#### [WORK TO COMPLETE]
Show all the lines in the data below that include the word "drop".

(Collected data)
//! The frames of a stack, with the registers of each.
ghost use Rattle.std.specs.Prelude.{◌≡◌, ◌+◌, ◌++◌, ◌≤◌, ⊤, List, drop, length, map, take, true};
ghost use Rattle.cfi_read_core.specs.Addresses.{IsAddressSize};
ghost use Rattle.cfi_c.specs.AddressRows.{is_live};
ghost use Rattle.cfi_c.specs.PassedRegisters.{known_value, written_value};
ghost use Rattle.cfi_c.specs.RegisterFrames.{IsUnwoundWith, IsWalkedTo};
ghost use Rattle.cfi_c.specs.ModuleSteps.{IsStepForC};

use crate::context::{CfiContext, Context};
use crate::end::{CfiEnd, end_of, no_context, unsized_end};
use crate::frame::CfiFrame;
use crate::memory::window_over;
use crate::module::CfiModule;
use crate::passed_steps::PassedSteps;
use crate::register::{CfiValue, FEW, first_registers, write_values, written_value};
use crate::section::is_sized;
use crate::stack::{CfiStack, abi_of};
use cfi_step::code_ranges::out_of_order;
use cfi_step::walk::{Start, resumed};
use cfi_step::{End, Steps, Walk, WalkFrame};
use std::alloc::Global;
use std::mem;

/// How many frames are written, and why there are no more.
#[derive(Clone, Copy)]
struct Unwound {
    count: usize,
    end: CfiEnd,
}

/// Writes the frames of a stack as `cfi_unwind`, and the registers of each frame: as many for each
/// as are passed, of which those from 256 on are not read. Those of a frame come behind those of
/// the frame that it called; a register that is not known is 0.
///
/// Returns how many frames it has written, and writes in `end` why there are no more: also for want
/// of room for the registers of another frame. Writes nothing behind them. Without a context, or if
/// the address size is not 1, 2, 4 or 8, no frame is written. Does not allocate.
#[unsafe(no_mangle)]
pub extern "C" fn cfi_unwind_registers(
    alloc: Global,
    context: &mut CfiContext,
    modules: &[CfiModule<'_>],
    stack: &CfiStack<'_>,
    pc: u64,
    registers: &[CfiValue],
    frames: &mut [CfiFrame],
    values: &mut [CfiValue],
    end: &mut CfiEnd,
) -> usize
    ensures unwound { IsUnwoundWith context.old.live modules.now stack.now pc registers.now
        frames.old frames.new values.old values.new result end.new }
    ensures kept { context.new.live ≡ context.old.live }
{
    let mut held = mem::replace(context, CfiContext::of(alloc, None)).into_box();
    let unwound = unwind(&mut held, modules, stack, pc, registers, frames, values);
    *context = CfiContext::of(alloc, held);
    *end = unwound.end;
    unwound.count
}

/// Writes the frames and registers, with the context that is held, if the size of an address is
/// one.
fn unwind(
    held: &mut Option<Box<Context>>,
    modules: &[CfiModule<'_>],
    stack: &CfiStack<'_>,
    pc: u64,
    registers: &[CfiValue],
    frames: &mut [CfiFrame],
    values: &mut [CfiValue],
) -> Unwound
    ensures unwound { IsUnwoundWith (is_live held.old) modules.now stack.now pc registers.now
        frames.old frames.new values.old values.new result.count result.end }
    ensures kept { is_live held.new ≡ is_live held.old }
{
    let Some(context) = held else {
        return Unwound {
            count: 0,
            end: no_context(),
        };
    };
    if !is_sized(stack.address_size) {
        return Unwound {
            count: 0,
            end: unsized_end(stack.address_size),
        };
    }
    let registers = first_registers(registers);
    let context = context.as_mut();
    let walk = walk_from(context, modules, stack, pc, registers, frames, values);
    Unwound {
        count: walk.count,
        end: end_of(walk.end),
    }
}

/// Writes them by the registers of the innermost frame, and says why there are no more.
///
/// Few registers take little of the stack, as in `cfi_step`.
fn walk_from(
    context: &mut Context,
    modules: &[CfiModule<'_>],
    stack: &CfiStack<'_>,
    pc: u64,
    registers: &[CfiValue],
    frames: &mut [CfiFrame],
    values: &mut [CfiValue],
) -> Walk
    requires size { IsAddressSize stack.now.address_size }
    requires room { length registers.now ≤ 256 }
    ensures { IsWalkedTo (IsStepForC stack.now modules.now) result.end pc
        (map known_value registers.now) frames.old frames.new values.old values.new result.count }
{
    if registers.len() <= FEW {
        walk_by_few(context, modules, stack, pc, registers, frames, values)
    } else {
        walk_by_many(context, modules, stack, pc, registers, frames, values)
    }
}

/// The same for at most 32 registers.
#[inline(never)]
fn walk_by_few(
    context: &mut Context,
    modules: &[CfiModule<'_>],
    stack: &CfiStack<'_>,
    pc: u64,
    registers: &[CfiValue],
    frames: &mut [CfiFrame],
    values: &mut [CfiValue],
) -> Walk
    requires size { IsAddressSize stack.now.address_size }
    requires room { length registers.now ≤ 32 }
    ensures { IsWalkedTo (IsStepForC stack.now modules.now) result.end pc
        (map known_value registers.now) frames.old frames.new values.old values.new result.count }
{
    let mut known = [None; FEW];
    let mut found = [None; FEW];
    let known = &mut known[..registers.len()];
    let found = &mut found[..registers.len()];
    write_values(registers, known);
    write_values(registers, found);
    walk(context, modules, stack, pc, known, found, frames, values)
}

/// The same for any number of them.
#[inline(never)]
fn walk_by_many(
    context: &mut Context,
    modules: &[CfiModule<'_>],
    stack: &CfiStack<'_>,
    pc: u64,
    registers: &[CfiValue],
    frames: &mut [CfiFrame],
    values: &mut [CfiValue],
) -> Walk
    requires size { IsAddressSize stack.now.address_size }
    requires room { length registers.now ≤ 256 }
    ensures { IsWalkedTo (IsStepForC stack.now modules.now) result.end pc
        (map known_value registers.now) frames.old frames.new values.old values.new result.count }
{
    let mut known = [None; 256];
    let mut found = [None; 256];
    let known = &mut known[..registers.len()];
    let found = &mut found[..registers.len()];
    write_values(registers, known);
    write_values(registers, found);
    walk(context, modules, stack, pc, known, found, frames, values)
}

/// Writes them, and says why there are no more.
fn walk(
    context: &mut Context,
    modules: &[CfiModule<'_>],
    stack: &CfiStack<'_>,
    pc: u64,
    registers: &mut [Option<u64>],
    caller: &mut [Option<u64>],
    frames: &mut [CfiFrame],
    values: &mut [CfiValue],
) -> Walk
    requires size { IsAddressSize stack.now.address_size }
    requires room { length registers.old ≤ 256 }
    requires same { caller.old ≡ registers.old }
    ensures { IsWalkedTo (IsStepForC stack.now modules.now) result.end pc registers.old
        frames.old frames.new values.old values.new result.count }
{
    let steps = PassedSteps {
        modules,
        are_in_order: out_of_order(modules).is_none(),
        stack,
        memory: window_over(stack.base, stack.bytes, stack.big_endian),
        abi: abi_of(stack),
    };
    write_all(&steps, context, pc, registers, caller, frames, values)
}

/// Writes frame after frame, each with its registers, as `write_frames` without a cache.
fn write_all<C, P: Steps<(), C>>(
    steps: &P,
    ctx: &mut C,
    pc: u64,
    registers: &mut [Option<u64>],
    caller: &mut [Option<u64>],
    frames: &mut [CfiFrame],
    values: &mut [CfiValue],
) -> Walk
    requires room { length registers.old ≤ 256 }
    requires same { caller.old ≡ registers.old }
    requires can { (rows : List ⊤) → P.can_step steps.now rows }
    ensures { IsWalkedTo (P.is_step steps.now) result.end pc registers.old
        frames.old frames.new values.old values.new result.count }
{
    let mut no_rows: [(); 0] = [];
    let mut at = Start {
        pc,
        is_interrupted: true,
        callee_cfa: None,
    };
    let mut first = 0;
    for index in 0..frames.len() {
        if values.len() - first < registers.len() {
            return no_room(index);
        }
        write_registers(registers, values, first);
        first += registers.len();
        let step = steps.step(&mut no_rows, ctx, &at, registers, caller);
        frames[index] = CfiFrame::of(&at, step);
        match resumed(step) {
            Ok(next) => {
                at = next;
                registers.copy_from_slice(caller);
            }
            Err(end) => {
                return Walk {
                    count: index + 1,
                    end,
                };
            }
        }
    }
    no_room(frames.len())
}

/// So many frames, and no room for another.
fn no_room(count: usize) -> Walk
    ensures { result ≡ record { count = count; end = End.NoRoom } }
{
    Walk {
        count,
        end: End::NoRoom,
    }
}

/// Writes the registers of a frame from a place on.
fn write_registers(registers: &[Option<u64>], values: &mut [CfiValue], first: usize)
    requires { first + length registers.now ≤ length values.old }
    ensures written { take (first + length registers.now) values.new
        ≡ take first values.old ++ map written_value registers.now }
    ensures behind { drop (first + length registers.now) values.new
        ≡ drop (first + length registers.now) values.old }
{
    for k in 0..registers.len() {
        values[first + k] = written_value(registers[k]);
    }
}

#### [RESPONSE]
ghost use Rattle.std.specs.Prelude.{◌≡◌, ◌+◌, ◌++◌, ◌≤◌, ⊤, List, drop, length, map, take, true};
    ensures behind { drop (first + length registers.now) values.new
        ≡ drop (first + length registers.now) values.old }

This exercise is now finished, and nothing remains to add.